Consumer advocacy organization Public Citizen opposed over-the-counter approval for orlistat.

Alli became available in the U.S. in June 2007. It is sold as 60 mg capsules—half the dosage of prescription orlistat.

=== European Union and Switzerland ===

On 21 January 2009, the European Medicines Agency granted approval for the sale of orlistat without a prescription.

At least since September 2017, tablets with 60 mg orlistat can be freely sold in Swiss drugstores. Formulations with 120 mg per tablet require a prescription, but can be sold without one in pharmacies under an exemption rule, which is based on a list of easily diagnosable diseases.

=== Generic formulations ===
U.S. patent protection for Xenical, originally to end on 18 June 2004, was extended by five years (until 2009) by the U.S. Patent and Trademark Office. The extension was granted on 20 July 2002, and expired on 18 June 2009.

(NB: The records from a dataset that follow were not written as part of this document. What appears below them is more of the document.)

//! What the rows of a layout table say. The heading is at place 0.

ghost use Rattle.std.specs.Prelude.{◌≡◌, ◌≤◌, ◌<◌, ◌+◌, length};
ghost use Rattle.std.specs.List.{list_all};
ghost use Rattle.std.specs.Option.{option_copied};
ghost use Rattle.std.specs.Str.{bytes_eq};
ghost use Rattle.t7_records.specs.Records.{cell, record_at};
ghost use Rattle.t7_layout.specs.Roles.{all_roles};
ghost use Rattle.t7_layout.specs.Rows.{begins, end_before, ends, family_text, greatest, has_kind, in_family, is_field, is_heading, is_name, is_name_byte, is_of, kind_text, role_of, row_end, row_family, row_id, row_kind, row_null, row_offset, row_width, same_cell, same_family, same_kind, same_template, signed_null, unsigned_null};

use crate::roles::{FieldName, Role};
use crate::words::{Family, Kind};
use t7_records::{Records, decimal, number};

impl Family {
    /// The word of a table.
    pub fn text(self) -> &'static [u8]
        ensures { result.now ≡ family_text self }
    {
        match self {
            Family::Eti => b"ETI",
            Family::Eobi => b"EOBI",
        }
    }
}

impl Kind {
    /// The word of a table.
    pub fn text(self) -> &'static [u8]
        ensures { result.now ≡ kind_text self }
    {
        match self {
            Kind::Unsigned => b"U",
            Kind::Signed => b"I",
            Kind::Raw => b"X",
        }
    }
}

// Whether a cell is this word.
fn says(rows: &Records, at: usize, place: usize, word: &[u8]) -> bool
    requires { at < length rows.now }
    ensures { result ≡ bytes_eq (cell (record_at rows.now at) place) word.now }
{
    rows.cell(at, place) == word
}

pub(crate) fn is_heading(rows: &Records, at: usize) -> bool
    requires { at < length rows.now }
    ensures { result ≡ is_heading (record_at rows.now at) }
{
    rows.width(at) == 8
        && says(rows, at, 0, b"family")
        && says(rows, at, 1, b"id")
        && says(rows, at, 2, b"template")
        && says(rows, at, 3, b"field")
        && says(rows, at, 4, b"offset")
        && says(rows, at, 5, b"width")
        && says(rows, at, 6, b"kind")
        && says(rows, at, 7, b"null")
}

pub(crate) fn in_family(rows: &Records, at: usize, family: Family) -> bool
    requires { at < length rows.now }
    ensures { result ≡ in_family family (record_at rows.now at) }
{
    rows.cell(at, 0) == family.text()
}

pub(crate) fn has_kind(rows: &Records, at: usize, kind: Kind) -> bool
    requires { at < length rows.now }
    ensures { result ≡ has_kind kind (record_at rows.now at) }
{
    rows.cell(at, 6) == kind.text()
}

pub(crate) fn row_family(rows: &Records, at: usize) -> Family
    requires { at < length rows.now }
    ensures { result ≡ row_family (record_at rows.now at) }
{
    if in_family(rows, at, Family::Eti) {
        Family::Eti
    } else {
        Family::Eobi
    }
}

pub(crate) fn row_kind(rows: &Records, at: usize) -> Kind
    requires { at < length rows.now }
    ensures { result ≡ row_kind (record_at rows.now at) }
{
    if has_kind(rows, at, Kind::Unsigned) {
        Kind::Unsigned
    } else if has_kind(rows, at, Kind::Signed) {
        Kind::Signed
    } else {
        Kind::Raw
    }
}

/// Whether two families are one.
pub(crate) fn same_family(a: Family, b: Family) -> bool
    ensures { result ≡ same_family a b }
{
    a.text() == b.text()
}

/// Whether two kinds are one.
pub(crate) fn same_kind(a: Kind, b: Kind) -> bool
    ensures { result ≡ same_kind a b }
{
    a.text() == b.text()
}

pub(crate) fn row_id(rows: &Records, at: usize) -> u64
    requires { at < length rows.now }
    ensures value { result ≡ row_id (record_at rows.now at) }
    ensures limit { result ≤ 65535 }
{
    number(rows.cell(at, 1), 65535)
}

pub(crate) fn row_offset(rows: &Records, at: usize) -> u64
    requires { at < length rows.now }
    ensures value { result ≡ row_offset (record_at rows.now at) }
    ensures limit { result ≤ 1023 }
{
    number(rows.cell(at, 4), 1023)
}

pub(crate) fn row_width(rows: &Records, at: usize) -> u64
    requires { at < length rows.now }
    ensures value { result ≡ row_width (record_at rows.now at) }
    ensures limit { result ≤ 1024 }
{
    number(rows.cell(at, 5), 1024)
}

pub(crate) fn row_end(rows: &Records, at: usize) -> u64
    requires { at < length rows.now }
    ensures value { result ≡ row_end (record_at rows.now at) }
    ensures limit { result ≤ 2047 }
{
    row_offset(rows, at) + row_width(rows, at)
}

fn are_name_bytes(word: &[u8]) -> bool
    ensures { result ≡ list_all is_name_byte word.now }
{
    word.iter().all(|b| b.is_ascii_alphanumeric() || *b == b'_')
}

pub(crate) fn is_name(word: &[u8]) -> bool
    ensures { result ≡ is_name word.now }
{
    !word.is_empty() && word.len() <= 40 && are_name_bytes(word)
}

pub(crate) fn greatest(width: u64) -> u64
    ensures { result ≡ greatest width }
{
    match width {
        1 => 0xff,
        2 => 0xffff,
        4 => 0xffff_ffff,
        _ => 0xffff_ffff_ffff_ffff,
    }
}

fn unsigned_null(width: u64, word: &[u8]) -> Option<i128>
    ensures { result ≡ unsigned_null width word.now }
{
    let number = decimal(word, greatest(width))?;
    Some(number as i128)
}

#[tactic(auto, unfolding(crate::specs::Rows::signed_null))]
fn signed_null(width: u64, word: &[u8]) -> Option<i128>
    ensures { result ≡ signed_null width word.now }
{
    if let [b'-', digits @ ..] = word {
        match decimal(digits, greatest(width) / 2 + 1) {
            Some(number) if number > 0 => Some(-(number as i128)),
            _ => None,
        }
    } else {
        let number = decimal(word, greatest(width) / 2)?;
        Some(number as i128)
    }
}

pub(crate) fn row_null(rows: &Records, at: usize) -> Option<i128>
    requires { at < length rows.now }
    ensures { result ≡ row_null (record_at rows.now at) }
{
    if has_kind(rows, at, Kind::Unsigned) {
        unsigned_null(row_width(rows, at), rows.cell(at, 7))
    } else if has_kind(rows, at, Kind::Signed) {
        signed_null(row_width(rows, at), rows.cell(at, 7))
    } else {
        None
    }
}

pub(crate) fn same_cell(rows: &Records, a: usize, b: usize, at: usize) -> bool
    requires a { a < length rows.now }
    requires b { b < length rows.now }
    ensures { result ≡ same_cell at (record_at rows.now a) (record_at rows.now b) }
{
    rows.cell(a, at) == rows.cell(b, at)
}

pub(crate) fn same_template(rows: &Records, a: usize, b: usize) -> bool
    requires a { a < length rows.now }
    requires b { b < length rows.now }
    ensures { result ≡ same_template (record_at rows.now a) (record_at rows.now b) }
{
    rows.width(b) >= 3
        && same_cell(rows, a, b, 0)
        && same_cell(rows, a, b, 1)
        && same_cell(rows, a, b, 2)
}

pub(crate) fn begins(rows: &Records, at: usize) -> bool
    requires first { 0 < at }
    requires inside { at < length rows.now }
    ensures { result ≡ begins rows.now at }
{
    at == 1 || !same_template(rows, at - 1, at)
}

pub(crate) fn ends(rows: &Records, at: usize) -> bool
    requires { at < length rows.now }
    ensures { result ≡ ends rows.now at }
{
    rows.len() <= at + 1 || !same_template(rows, at, at + 1)
}

pub(crate) fn end_before(rows: &Records, at: usize) -> u64
    requires first { 0 < at }
    requires inside { at < length rows.now }
    ensures { result ≡ end_before rows.now at }
{
    if begins(rows, at) {
        0
    } else {
        row_end(rows, at - 1)
    }
}

pub(crate) fn is_of(rows: &Records, at: usize, role: Role) -> bool
    requires { at < length rows.now }
    ensures { result ≡ is_of (record_at rows.now at) role }
{
    same_family(row_family(rows, at), role.family()) && rows.cell(at, 2) == role.name()
}

#[tactic(auto, unfolding(crate::specs::Rows::role_of, crate::specs::Roles::all_roles))]
pub(crate) fn role_of(rows: &Records, at: usize) -> Option<Role>
    requires { at < length rows.now }
    ensures { result ≡ role_of (record_at rows.now at) }
{
    Role::ALL
        .iter()
        .copied()
        .find(|role| is_of(rows, at, *role))
}

pub(crate) fn is_field(rows: &Records, at: usize, family: Family, name: FieldName) -> bool
    requires { at < length rows.now }
    ensures { result ≡ is_field family name (record_at rows.now at) }
{
    rows.cell(at, 3) == name.text()
        && same_kind(row_kind(rows, at), name.kind())
        && row_width(rows, at) as usize == name.width(family)
}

Generic orlistat is available in Iran under the brand Venustat manufactured by Aburaihan Pharmaceutical co., in India, under the brands Orlean (Eris), Vyfat, Olistat, Obelit, Orlica and Reeshape. In Russia, orlistat is available under the brand names Xenical (Hoffmann–La Roche), Orsoten/Orsoten Slim (KRKA d. d.) and Xenalten (OBL-Pharm). In Austria, orlistat is available under the brand name Slimox. In Malaysia, orlistat is available under the brand name Cuvarlix and is marketed by Pharmaniaga. In the Philippines orlistat is available under the brand name RedoXfat Plus manufactured by ATC Healthcare

==Society and culture==

===Cost===
At times, such as in spring 2012, orlistat has come into short supply, with consequent price increases because of nonavailability of one of the drug's components.

=== Counterfeit products ===
In January 2010, the U.S. Food and Drug Administration issued an alert stating that some counterfeit versions of Alli sold over the Internet contain no orlistat, and instead contain the weight-loss drug sibutramine. The concentration of sibutramine in these counterfeit products is at least twice the amount recommended for weight loss.